本発明は、耐熱性および断熱性を有する無機繊維とその製造方法に関するものであり、特に、生体内において溶解性を有することによって、人体に吸入されても有害性が小さく、かつ優れた耐水性を有する無機繊維とその製造方法に関するものである。
無機繊維の用途は多岐にわたっている。無機繊維は、一般に、耐熱性や断熱性に優れることから、特に、耐熱、防火、断熱、保温などの特性が要求される材料の原料および素材として使用されることが多い。
無機繊維は、天然のものと人工のものとに大別される。天然の無機繊維の代表的なもののひとつとしては、アスベストを挙げることができる。アスベストは、体内に吸入されると、呼吸器疾患、さらには、がんを発生させることが知られており、国際がん研究機関(IARC)でも発癌性物質であるグループ1に分類されている。一方、人工の無機繊維に関しては、その空気力学的特性がアスベストに類似するものは、アスベストと同様に、その吸入による有害性の可能性が指摘されている。
無機繊維の有害性は、吸入される繊維の、1)量、2)径、長などの寸法、3)体内での耐久性、という3つの要因に大きく依存することが報告されている。近年、特に、上記3)の吸入繊維の体内での耐久性という要因が注目され、吸入繊維が体内で溶解し、その溶解した成分が有害でなければ、その繊維の有害性は小さいという認識がなされた。この認識は、無機繊維の産業界に溶解性無機繊維の開発を促す結果となった。
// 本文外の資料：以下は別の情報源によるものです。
//! What diagnostics are about, as members.
ghost use Rattle.std.specs.Prelude.{◌≡◌, ◌∷◌, ◌++◌, [], OnOk, codes};
ghost use Rattle.std.specs.Fmt.{signed_decimal};
ghost use Rattle.json.specs.Json.{number as number_json};
ghost use Rattle.json.specs.Token.{number as number_token};
ghost use Rattle.can_json_texts.specs.Members.{text_members};
ghost use Rattle.can_json_texts.specs.Values.{tokens_of};
ghost use Rattle.dbc_records.specs.declared.target.Target.TheVariants as targets;
ghost use Rattle.dbc_records.specs.declared.entry_key.EntryKey.TheVariants as keys;
ghost use Rattle.can_json_findings.specs.Findings.{message_members, name_member, signal_members, target_members, object_members};
ghost use Rattle.can_json_findings.specs.Findings.{entry_member, key_members, subject_members};

use can_diagnostics::Subject;
use can_json_texts::{JsonText, write_member, write_string, write_text, write_whole};
use dbc_records::{EntryKey, Object, Target};
use dbc_values::{Memory, Name, Text};
use itoa::Buffer;

#[tactic(auto, using(can_json_texts::proofs::Tokens::members_then))]
fn write_message(text: &mut JsonText, number: u32, name: &Name) -> Result<(), Memory>
    ensures { OnOk result (text.new ≡ text.old ++ tokens_of (message_members number name.now)) }
{
    write_whole(text, "number", u64::from(number))?;
    write_member(text, "message", name)
}

// A message and the name of a part of it.
#[tactic(auto, using(can_json_texts::proofs::Tokens::members_then))]
fn write_part(
    text: &mut JsonText,
    number: u32,
    name: &Name,
    key: &str,
    part: &Name,
) -> Result<(), Memory>
    ensures { OnOk result (text.new ≡ text.old ++ tokens_of (message_members number name.now ++ name_member key.now part.now)) }
{
    write_message(text, number, name)?;
    write_member(text, key, part)
}

// A signal, by the names of its message and its own, and the name of a part of it.
#[tactic(auto, using(can_json_texts::proofs::Tokens::members_then))]
fn write_signal_part(
    text: &mut JsonText,
    number: u32,
    names: (&Name, &Name),
    key: &str,
    part: &Name,
) -> Result<(), Memory>
    ensures { OnOk result (text.new ≡ text.old ++ tokens_of (signal_members number names.entry.0.now names.entry.1.now
        ++ name_member key.now part.now)) }
{
    let (name, signal) = names;
    write_part(text, number, name, "signal", signal)?;
    write_member(text, key, part)
}

// A number with a sign or without.
#[tactic(auto, using(can_json_texts::proofs::Numbers::signed_is_number))]
fn write_number(text: &mut JsonText, value: i128) -> Result<(), Memory>
    ensures { OnOk result (text.new ≡ text.old ++ number_token (signed_decimal value) ∷ []) }
{
    let mut buffer = Buffer::new();
    text.number(buffer.format(value))
}

#[tactic(auto, using(can_json_texts::proofs::Tokens::member_written))]
fn write_value(text: &mut JsonText, value: i128) -> Result<(), Memory>
    ensures { OnOk result (text.new ≡ text.old ++ tokens_of ((codes "value", number_json (signed_decimal value)) ∷ [])) }
{
    text.key("value")?;
    write_number(text, value)
}

#[tactic(auto, using(can_json_texts::proofs::Tokens::members_then))]
fn write_described(
    text: &mut JsonText,
    number: u32,
    name: &Name,
    signal: &Name,
    value: i128,
) -> Result<(), Memory>
    ensures { OnOk result (text.new ≡ text.old ++ tokens_of (signal_members number name.now signal.now
        ++ ((codes "value", number_json (signed_decimal value)) ∷ []))) }
{
    write_part(text, number, name, "signal", signal)?;
    write_value(text, value)
}

#[tactic(auto, using(can_json_texts::proofs::Tokens::members_then))]
fn write_signal(text: &mut JsonText, number: u32, signal: &Name) -> Result<(), Memory>
    ensures { OnOk result (text.new ≡ text.old ++ tokens_of (target_members (targets.Signal number signal.now))) }
{
    write_whole(text, "number", u64::from(number))?;
    write_member(text, "signal", signal)
}

// What an entry describes.
#[tactic(auto, using(can_json_texts::proofs::Tokens::none_written))]
fn write_target(text: &mut JsonText, target: &Target) -> Result<(), Memory>
    ensures { OnOk result (text.new ≡ text.old ++ tokens_of (target_members target.now)) }
{
    match target {
        Target::Whole => Ok(()),
        Target::Node(name) => write_member(text, "node", name),
        Target::Message(number) => write_whole(text, "number", u64::from(*number)),
        Target::Signal(number, signal) => write_signal(text, *number, signal),
    }
}

#[tactic(auto, using(can_json_texts::proofs::Tokens::none_written))]
fn write_object(text: &mut JsonText, object: Option<Object>) -> Result<(), Memory>
    ensures { OnOk result (text.new ≡ text.old ++ tokens_of (object_members object)) }
{
    match object {
        Some(object) => write_member(text, "object", &object),
        None => Ok(()),
    }
}

fn write_entry(text: &mut JsonText, word: &str) -> Result<(), Memory>
    ensures { OnOk result (text.new ≡ text.old ++ tokens_of (entry_member word.now)) }
{
    write_string(text, "entry", word)
}

// The entry that has a text as its key.
#[tactic(auto, using(can_json_texts::proofs::Tokens::members_then))]
fn write_named(text: &mut JsonText, word: &str, name: &Text) -> Result<(), Memory>
    ensures { OnOk result (text.new ≡ text.old ++ tokens_of (entry_member word.now ++ text_members (codes "name") name.now)) }
{
    write_entry(text, word)?;
    write_text(text, "name", name.as_bytes())
}

#[tactic(auto, using(can_json_texts::proofs::Tokens::members_then))]
fn write_table(text: &mut JsonText, name: &Name) -> Result<(), Memory>
    ensures { OnOk result (text.new ≡ text.old ++ tokens_of (entry_member (codes "VAL_TABLE_")
        ++ name_member (codes "name") name.now)) }
{
    write_entry(text, "VAL_TABLE_")?;
    write_member(text, "name", name)
}

// The entry about this.
#[tactic(auto, using(can_json_texts::proofs::Tokens::members_then))]
fn write_comment(text: &mut JsonText, target: &Target) -> Result<(), Memory>
    ensures { OnOk result (text.new ≡ text.old ++ tokens_of (entry_member (codes "CM_") ++ target_members target.now)) }
{
    write_entry(text, "CM_")?;
    write_target(text, target)
}

#[tactic(auto, using(can_json_texts::proofs::Tokens::members_then))]
fn write_object_and_name(
    text: &mut JsonText,
    object: Option<Object>,
    name: &Text,
) -> Result<(), Memory>
    ensures { OnOk result (text.new ≡ text.old ++ tokens_of (object_members object ++ text_members (codes "name") name.now)) }
{
    write_object(text, object)?;
    write_text(text, "name", name.as_bytes())
}

#[tactic(auto, using(can_json_texts::proofs::Tokens::members_then))]
fn write_definition(text: &mut JsonText, object: Option<Object>, name: &Text) -> Result<(), Memory>
    ensures { OnOk result (text.new ≡ text.old ++ tokens_of (entry_member (codes "BA_DEF_") ++ (object_members object
        ++ text_members (codes "name") name.now))) }
{
    write_entry(text, "BA_DEF_")?;
    write_object_and_name(text, object, name)
}

#[tactic(auto, using(can_json_texts::proofs::Tokens::members_then))]
fn write_name_and_target(text: &mut JsonText, name: &Text, target: &Target) -> Result<(), Memory>
    ensures { OnOk result (text.new ≡ text.old ++ tokens_of (text_members (codes "name") name.now
        ++ target_members target.now)) }
{
    write_text(text, "name", name.as_bytes())?;
    write_target(text, target)
}

#[tactic(auto, using(can_json_texts::proofs::Tokens::members_then))]
fn write_attribute(text: &mut JsonText, name: &Text, target: &Target) -> Result<(), Memory>
    ensures { OnOk result (text.new ≡ text.old ++ tokens_of (entry_member (codes "BA_") ++ (text_members (codes "name") name.now
        ++ target_members target.now))) }
{
    write_entry(text, "BA_")?;
    write_name_and_target(text, name, target)
}

// The entry of a signal.
#[tactic(auto, using(can_json_texts::proofs::Tokens::members_then))]
fn write_signal_entry(
    text: &mut JsonText,
    word: &str,
    number: u32,
    signal: &Name,
) -> Result<(), Memory>
    ensures { OnOk result (text.new ≡ text.old ++ tokens_of (entry_member word.now
        ++ target_members (targets.Signal number signal.now))) }
{
    write_entry(text, word)?;
    write_signal(text, number, signal)
}

fn write_values(text: &mut JsonText, number: u32, signal: &Name) -> Result<(), Memory>
    ensures { OnOk result (text.new ≡ text.old ++ tokens_of (key_members (keys.Values number signal.now))) }
{
    write_signal_entry(text, "VAL_", number, signal)
}

fn write_float(text: &mut JsonText, number: u32, signal: &Name) -> Result<(), Memory>
    ensures { OnOk result (text.new ≡ text.old ++ tokens_of (key_members (keys.Float number signal.now))) }
{
    write_signal_entry(text, "SIG_VALTYPE_", number, signal)
}

fn write_mux(text: &mut JsonText, number: u32, signal: &Name) -> Result<(), Memory>
    ensures { OnOk result (text.new ≡ text.old ++ tokens_of (key_members (keys.Mux number signal.now))) }
{
    write_signal_entry(text, "SG_MUL_VAL_", number, signal)
}

fn write_key(text: &mut JsonText, key: &EntryKey) -> Result<(), Memory>
    ensures { OnOk result (text.new ≡ text.old ++ tokens_of (key_members key.now)) }
{
    match key {
        EntryKey::Table(name) => write_table(text, name),
        EntryKey::Comment(target) => write_comment(text, target),
        EntryKey::Definition(object, name) => write_definition(text, *object, name),
        EntryKey::Default(name) => write_named(text, "BA_DEF_DEF_", name),
        EntryKey::Attribute(name, target) => write_attribute(text, name, target),
        EntryKey::Values(number, signal) => write_values(text, *number, signal),
        EntryKey::Float(number, signal) => write_float(text, *number, signal),
        EntryKey::Mux(number, signal) => write_mux(text, *number, signal),
    }
}

/// Writes what a diagnostic, or a location, is about as members: names and numbers, and for an entry its keyword and key.
pub(crate) fn write_subject(text: &mut JsonText, subject: &Subject) -> Result<(), Memory>
    ensures { OnOk result (text.new ≡ text.old ++ tokens_of (subject_members subject.now)) }
{
    match subject {
        Subject::Message(number, name) => write_message(text, *number, name),
        Subject::Sender(number, name, node) => write_part(text, *number, name, "node", node),
        Subject::Signal(number, name, signal) => write_part(text, *number, name, "signal", signal),
        Subject::Pair(number, name, first, second) => {
            write_signal_part(text, *number, (name, first), "other", second)
        }
        Subject::Receiver(number, name, signal, node) => {
            write_signal_part(text, *number, (name, signal), "node", node)
        }
        Subject::Value(number, name, signal, value) => {
            write_described(text, *number, name, signal, *value)
        }
        Subject::Row(key) => write_key(text, key),
    }
}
上記の溶解性無機繊維のひとつとして、例えば、特許文献1に開示される非晶質アルカリ土類ケイ酸塩繊維(AES繊維)が挙げられる。
特願2002−196906号明細書
無機繊維を原料のひとつとする材料等の製造方法には、湿式すなわち無機繊維を水中に分散させたスラリーを調製する工程を含む場合が数多く存在する。例えば、無機繊維質の成形品は、無機繊維と結合材等を水中で攪拌混合して調製したスラリーを型に吸引する方法(いわゆる湿式真空成形法)によって製造されている。また、無機繊維は、高温多湿地域での保管・貯蔵された後、使用されることもあり得る。これらのことを考慮すると、生体溶解性を有するAES繊維にも、耐水性が要求される。しかしながら、生体溶解性と耐水性は相反する特性であり、生体溶解性が増大すれば、必然的に耐水性が低下してしまう。したがって、上記のような耐水性が求められる用途においては、結果として、生体溶解性を有するとされている無機繊維の中から、比較的生体溶解性が低い種類のものを選択して、使用せざるを得ない場合がある。このような理由から、AES繊維には、耐水性を維持しながらも、より優れた生体溶解性を発現することが要求されている。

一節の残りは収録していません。